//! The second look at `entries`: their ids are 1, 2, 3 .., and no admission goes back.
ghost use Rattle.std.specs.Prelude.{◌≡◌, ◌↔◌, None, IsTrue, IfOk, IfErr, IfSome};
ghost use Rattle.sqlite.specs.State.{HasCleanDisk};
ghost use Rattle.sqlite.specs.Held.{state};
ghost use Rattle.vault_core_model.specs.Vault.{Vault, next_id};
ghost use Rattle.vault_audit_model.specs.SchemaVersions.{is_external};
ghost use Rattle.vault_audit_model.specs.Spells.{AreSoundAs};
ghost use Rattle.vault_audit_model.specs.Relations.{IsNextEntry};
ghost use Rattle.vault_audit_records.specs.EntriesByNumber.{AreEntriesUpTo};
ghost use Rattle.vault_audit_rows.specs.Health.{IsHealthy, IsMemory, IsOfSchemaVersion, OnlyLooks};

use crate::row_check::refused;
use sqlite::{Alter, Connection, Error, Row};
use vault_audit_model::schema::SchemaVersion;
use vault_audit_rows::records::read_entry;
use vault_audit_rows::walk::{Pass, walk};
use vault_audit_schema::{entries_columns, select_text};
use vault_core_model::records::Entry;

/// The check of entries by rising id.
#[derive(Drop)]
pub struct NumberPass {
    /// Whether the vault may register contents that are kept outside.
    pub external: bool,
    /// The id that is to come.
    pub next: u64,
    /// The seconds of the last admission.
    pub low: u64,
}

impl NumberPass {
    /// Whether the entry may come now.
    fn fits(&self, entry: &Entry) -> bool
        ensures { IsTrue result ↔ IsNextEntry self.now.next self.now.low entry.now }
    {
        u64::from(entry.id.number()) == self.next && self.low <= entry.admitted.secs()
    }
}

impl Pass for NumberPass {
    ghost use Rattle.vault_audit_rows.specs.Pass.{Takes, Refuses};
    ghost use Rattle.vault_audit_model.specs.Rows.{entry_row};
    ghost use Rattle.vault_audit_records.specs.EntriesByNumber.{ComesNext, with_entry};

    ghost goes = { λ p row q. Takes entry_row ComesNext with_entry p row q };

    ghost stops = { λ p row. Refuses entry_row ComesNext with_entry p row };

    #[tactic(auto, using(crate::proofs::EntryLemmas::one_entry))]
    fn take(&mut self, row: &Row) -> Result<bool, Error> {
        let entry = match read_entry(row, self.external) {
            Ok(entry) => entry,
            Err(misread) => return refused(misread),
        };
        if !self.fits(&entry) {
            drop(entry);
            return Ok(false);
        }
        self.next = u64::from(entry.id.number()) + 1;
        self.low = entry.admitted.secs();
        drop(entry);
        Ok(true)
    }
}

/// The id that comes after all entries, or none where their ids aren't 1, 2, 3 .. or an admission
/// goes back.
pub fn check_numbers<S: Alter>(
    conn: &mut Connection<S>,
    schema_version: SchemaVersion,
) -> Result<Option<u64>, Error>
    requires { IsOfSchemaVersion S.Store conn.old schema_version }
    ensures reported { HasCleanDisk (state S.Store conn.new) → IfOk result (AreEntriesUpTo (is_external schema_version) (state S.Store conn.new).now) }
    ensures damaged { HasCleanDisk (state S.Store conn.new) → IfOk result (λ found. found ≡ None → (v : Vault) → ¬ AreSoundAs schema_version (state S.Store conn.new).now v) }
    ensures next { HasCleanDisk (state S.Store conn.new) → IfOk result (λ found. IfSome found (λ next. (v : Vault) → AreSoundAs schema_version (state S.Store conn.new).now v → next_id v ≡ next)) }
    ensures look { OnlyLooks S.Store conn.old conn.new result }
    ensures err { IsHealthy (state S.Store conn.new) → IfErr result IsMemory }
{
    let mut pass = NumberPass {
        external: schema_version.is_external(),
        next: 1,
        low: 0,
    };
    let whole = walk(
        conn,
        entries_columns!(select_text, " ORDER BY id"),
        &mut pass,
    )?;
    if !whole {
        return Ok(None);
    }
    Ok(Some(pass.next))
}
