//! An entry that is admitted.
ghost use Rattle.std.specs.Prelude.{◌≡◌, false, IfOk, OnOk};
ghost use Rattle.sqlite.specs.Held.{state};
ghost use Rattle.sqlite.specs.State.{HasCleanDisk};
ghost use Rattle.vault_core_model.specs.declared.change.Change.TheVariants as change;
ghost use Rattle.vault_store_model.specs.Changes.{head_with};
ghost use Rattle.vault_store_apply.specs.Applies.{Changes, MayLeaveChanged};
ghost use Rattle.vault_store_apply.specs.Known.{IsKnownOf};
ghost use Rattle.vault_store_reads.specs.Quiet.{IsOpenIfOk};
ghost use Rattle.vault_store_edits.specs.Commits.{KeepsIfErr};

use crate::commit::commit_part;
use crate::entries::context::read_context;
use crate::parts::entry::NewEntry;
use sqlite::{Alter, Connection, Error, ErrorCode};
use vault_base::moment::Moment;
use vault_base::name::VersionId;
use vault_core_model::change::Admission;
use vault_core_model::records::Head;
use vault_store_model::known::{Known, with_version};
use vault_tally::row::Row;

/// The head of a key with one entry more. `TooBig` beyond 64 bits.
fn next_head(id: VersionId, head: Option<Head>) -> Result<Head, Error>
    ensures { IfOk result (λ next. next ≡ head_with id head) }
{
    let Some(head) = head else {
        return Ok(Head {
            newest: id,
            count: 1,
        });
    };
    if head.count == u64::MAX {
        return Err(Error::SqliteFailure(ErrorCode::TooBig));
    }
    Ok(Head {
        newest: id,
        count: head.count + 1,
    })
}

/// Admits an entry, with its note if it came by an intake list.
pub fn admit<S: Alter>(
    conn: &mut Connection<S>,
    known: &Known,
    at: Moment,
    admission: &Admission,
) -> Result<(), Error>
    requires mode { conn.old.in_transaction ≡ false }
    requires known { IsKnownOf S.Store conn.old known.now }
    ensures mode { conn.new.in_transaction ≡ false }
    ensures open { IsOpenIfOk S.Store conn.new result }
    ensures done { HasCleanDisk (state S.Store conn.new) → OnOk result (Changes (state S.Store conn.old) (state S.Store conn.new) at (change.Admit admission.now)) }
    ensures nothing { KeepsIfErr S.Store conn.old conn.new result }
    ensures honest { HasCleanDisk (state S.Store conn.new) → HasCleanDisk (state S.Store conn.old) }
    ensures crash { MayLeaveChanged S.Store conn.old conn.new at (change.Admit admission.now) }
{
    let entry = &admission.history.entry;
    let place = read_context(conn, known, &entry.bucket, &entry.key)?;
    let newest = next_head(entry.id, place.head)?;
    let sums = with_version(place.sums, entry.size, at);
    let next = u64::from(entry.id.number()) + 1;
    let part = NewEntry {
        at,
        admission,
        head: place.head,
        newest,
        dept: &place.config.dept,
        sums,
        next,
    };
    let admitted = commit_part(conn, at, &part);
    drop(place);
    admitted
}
_ _ _
**REQUIRED ACTION:** Look above for the line holding "use vault_audit_rows::records::read_entry;" and the line holding "-> Result<Option<u64>, Error>", then output exactly those two lines and every line between them, nothing more.

**TASK OUTPUT:**
use vault_audit_rows::records::read_entry;
use vault_audit_rows::walk::{Pass, walk};
use vault_audit_schema::{entries_columns, select_text};
use vault_core_model::records::Entry;

/// The check of entries by rising id.
#[derive(Drop)]
pub struct NumberPass {
    /// Whether the vault may register contents that are kept outside.
    pub external: bool,
    /// The id that is to come.
    pub next: u64,
    /// The seconds of the last admission.
    pub low: u64,
}

impl NumberPass {
    /// Whether the entry may come now.
    fn fits(&self, entry: &Entry) -> bool
        ensures { IsTrue result ↔ IsNextEntry self.now.next self.now.low entry.now }
    {
        u64::from(entry.id.number()) == self.next && self.low <= entry.admitted.secs()
    }
}

impl Pass for NumberPass {
    ghost use Rattle.vault_audit_rows.specs.Pass.{Takes, Refuses};
    ghost use Rattle.vault_audit_model.specs.Rows.{entry_row};
    ghost use Rattle.vault_audit_records.specs.EntriesByNumber.{ComesNext, with_entry};

    ghost goes = { λ p row q. Takes entry_row ComesNext with_entry p row q };

    ghost stops = { λ p row. Refuses entry_row ComesNext with_entry p row };

    #[tactic(auto, using(crate::proofs::EntryLemmas::one_entry))]
    fn take(&mut self, row: &Row) -> Result<bool, Error> {
        let entry = match read_entry(row, self.external) {
            Ok(entry) => entry,
            Err(misread) => return refused(misread),
        };
        if !self.fits(&entry) {
            drop(entry);
            return Ok(false);
        }
        self.next = u64::from(entry.id.number()) + 1;
        self.low = entry.admitted.secs();
        drop(entry);
        Ok(true)
    }
}

/// The id that comes after all entries, or none where their ids aren't 1, 2, 3 .. or an admission
/// goes back.
pub fn check_numbers<S: Alter>(
    conn: &mut Connection<S>,
    schema_version: SchemaVersion,
) -> Result<Option<u64>, Error>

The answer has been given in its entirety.